June 28, 2022

‘Can domestic violence law completely favour women?’ | India News – Times of India

NEW DELHI: The Supreme Court on Wednesday sought attorney general K K Venugopal’s views on whether a man has the right under the Protection of Women from Domestic Violence Act to move court for visitation rights to his children who are in their mother’s custody.
Can Section 21 of the DV Act tilt completely in favour of the woman so as to mandate brushing aside of a genuine request by the man to meet his children whose custody has been granted to his estranged wife after she filed a complaint? This question was raised by a man who was denied visitation rights to meet his children and whose plea came up before the apex court through the SC Legal Services Committee.
Petitioner’s counsel Asha Gopalan Nair had raised the issue in 2018 questioning the mandate of Section 21 which overrides provisions of all other laws and says that in a domestic violence case lodged by a woman, she or her representative would get the custody of children and that the magistrate would have the discretion to refuse visitation rights to the husband accused in the case.
Four years ago, the SC had sought the assistance of the attorney general saying “since the petition raises an important question of law, which is, whether an adult male member other than an aggrieved person has a right to file an application under Section 21 of the Protection of Women from Domestic Violence Act, 2005 for seeking visitation rights”.
Section 21 of the DV Act provides that, “Notwithstanding anything contained in any other law for the time being in force, the magistrate may, at any stage of hearing of the application for protection order or for any other relief under this Act, grant temporary custody of any child or children to the aggrieved person (the woman) or the person making an application on her behalf and specify, if necessary, the arrangements for visit of such child or children by the respondent: Provided that if the magistrate is of the opinion that any visit of the respondent may be harmful to the interests of the child or children, the magistrate shall refuse to allow such visit.”
A bench of Chief Justice N V Ramana and Justices A S Bopanna and Hima Kohli on Wednesday told the AG that “if possible please file a written note on all aspects of this important question”. Venugopal said, “I will give a detailed note on a case where the wife does not seek any relief against the husband but hangs on to the custody of children and refuses to give the husband visitation rights by consent. I will give the written submissions in two weeks.”

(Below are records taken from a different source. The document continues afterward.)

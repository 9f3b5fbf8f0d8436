// The numbers of documents.
ghost use Rattle.std.specs.Prelude.{◌≡◌};
ghost use Rattle.smithy_types.specs.Documents.{number_of};

/// A whole number. In a canonical document a `NegInt` is negative.
#[derive(Clone, Copy, Debug, PartialEq, Eq)]
pub enum Number {
    PosInt(u64),
    NegInt(i64),
}

impl Number {
    ghost use Rattle.smithy_types.specs.views.DocumentView.{number_view};

    /// The number, as `PosInt` where it is not negative.
    pub fn from_i64(value: i64) -> Number
        ensures { number_view result ≡ number_of value }
    {
        if value < 0 {
            Number::NegInt(value)
        } else {
            Number::PosInt(value as u64)
        }
    }
}
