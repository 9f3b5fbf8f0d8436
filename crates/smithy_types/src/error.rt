// Refusals.
ghost use Rattle.std.specs.Prelude.{◌≡◌};
ghost use Rattle.smithy_types.specs.declared.error.DocumentError.TheVariants as document_error;
ghost use Rattle.smithy_types.specs.declared.error.TypesError.TheVariants as types_error;

use crate::text::Text;
use std::alloc::AllocFailed;

/// Memory was wanted and not there: the refusal of calls that have no other.
pub use std::alloc::AllocError as OutOfMemory;

/// Why a text or a point in time was refused.
#[derive(Clone, Copy, Debug, PartialEq, Eq)]
pub enum TypesError {
    /// The year is not 1 to 9999.
    DateRange,
    /// The text is not of the form.
    Malformed,
    /// The digits are too many for 128 bits.
    TooWide,
    /// Memory was wanted and not there.
    OutOfMemory,
}

impl From<OutOfMemory> for TypesError {
    ghost from_gives = { λ _ e. e ≡ types_error.OutOfMemory };

    fn from(_: OutOfMemory) -> TypesError {
        TypesError::OutOfMemory
    }
}

impl<T: Drop> From<AllocFailed<T>> for TypesError {
    ghost from_gives = { λ _ e. e ≡ types_error.OutOfMemory };

    fn from(_: AllocFailed<T>) -> TypesError {
        TypesError::OutOfMemory
    }
}

/// Why a document was refused where a value of a kind was wanted.
#[derive(Debug, Drop)]
pub enum DocumentError {
    /// A document of another kind was there.
    TypeMismatch { message: Text },
    /// A number is out of the range of its kind.
    NumericCoercionOverflow { target: Text, value: Text },
    /// A text is not of the form.
    InvalidInput { message: Text },
    /// The kind has no such value.
    UnsupportedOperation { message: Text },
    /// Another cause.
    Custom { message: Text },
    /// Memory was wanted and not there.
    OutOfMemory,
}

impl From<OutOfMemory> for DocumentError {
    ghost from_gives = { λ _ e. e ≡ document_error.OutOfMemory };

    fn from(_: OutOfMemory) -> DocumentError {
        DocumentError::OutOfMemory
    }
}

impl<T: Drop> From<AllocFailed<T>> for DocumentError {
    ghost from_gives = { λ _ e. e ≡ document_error.OutOfMemory };

    fn from(_: AllocFailed<T>) -> DocumentError {
        DocumentError::OutOfMemory
    }
}
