//! Values that stand in a file one after the other, each in the same number of bytes.
ghost use Rattle.std.specs.Prelude.{◌≡◌, ℕ, ◌+◌, ◌<◌, List, [], ◌∷◌, length, MatchOption};
ghost use Rattle.std.specs.List.{slice_get};
ghost use Rattle.std.specs.Iterator.{YieldsFirst, item_count};
ghost use Rattle.fields.specs.Sequences.{Held};

use std::marker::PhantomData;

/// What a file writes in a fixed number of bytes, again and again.
pub trait Element: Copy {
    ghost WIDTH: { ℕ };

    /// How many bytes one takes.
    const WIDTH: usize;

    /// The elements that bytes hold, in order; bytes that make no whole element are left out.
    ghost held: { List ℕ → List Self };

    /// The element in front, and what follows it; none exactly when there are fewer bytes than one takes.
    fn split(bytes: &[u8]) -> Option<(Self, &[u8])>
        ensures { MatchOption result
            ((length bytes.now < WIDTH) × (held bytes.now ≡ []))
            (λ p. (held bytes.now ≡ p.0 ∷ held p.1.now) × (length p.1.now + WIDTH ≡ length bytes.now)) };

    ghost laws: { Held WIDTH held };
}

/// The element in front, or none where there are fewer bytes than one takes.
fn first_of<T: Element>(bytes: &[u8]) -> Option<T>
    ensures { result ≡ slice_get (T.held bytes.now) 0 }
{
    T::split(bytes).map(|(first, _)| first)
}

/// Elements one after the other, in the bytes of a file.
#[derive(Clone, Copy)]
pub struct Sequence<'a, T> {
    pub bytes: &'a [u8],
    of: PhantomData<T>,
}

impl<'a, T: Element> Sequence<'a, T> {
    /// The elements that bytes hold.
    pub fn new(bytes: &'a [u8]) -> Sequence<'a, T>
        ensures { result.bytes.now ≡ bytes.now }
    {
        Sequence {
            bytes,
            of: PhantomData,
        }
    }

    /// How many there are.
    pub fn len(self) -> usize
        ensures { result ≡ length (T.held self.entry.bytes.now) }
    {
        self.bytes.len() / T::WIDTH
    }

    /// The element at a place, or none past the end.
    pub fn get(self, i: usize) -> Option<T>
        ensures { result ≡ slice_get (T.held self.entry.bytes.now) i }
    {
        if i >= self.len() {
            return None;
        }
        first_of(&self.bytes[T::WIDTH * i..])
    }

    /// The elements, in order.
    pub fn iter(self) -> Elements<'a, T>
        ensures { result.rest.now ≡ self.entry.bytes.now }
    {
        Elements {
            rest: self.bytes,
            of: PhantomData,
        }
    }
}

/// The elements of a sequence that are left.
#[derive(Clone, Copy)]
pub struct Elements<'a, T> {
    pub rest: &'a [u8],
    of: PhantomData<T>,
}

impl<T: Element> Iterator for Elements<'_, T> {
    type Item = T;

    ghost next_gives = { YieldsFirst (λ s. T.held s.rest.now) };

    ghost remaining = { item_count (λ s. T.held s.rest.now) };

    fn next(&mut self) -> Option<T> {
        let (first, rest) = T::split(self.rest)?;
        self.rest = rest;
        Some(first)
    }
}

In the case in hand, the woman had filed a case under the DV Act against her husband, his sister and his brother-in-law. In that case, the husband had filed an application before the trial court seeking the right to visit his children. The trial court had permitted the husband visitation rights. However, on appeal by the woman, the sessions court had overturned it. The husband had appealed unsuccessfully before the Gujarat HC and finally moved the SC.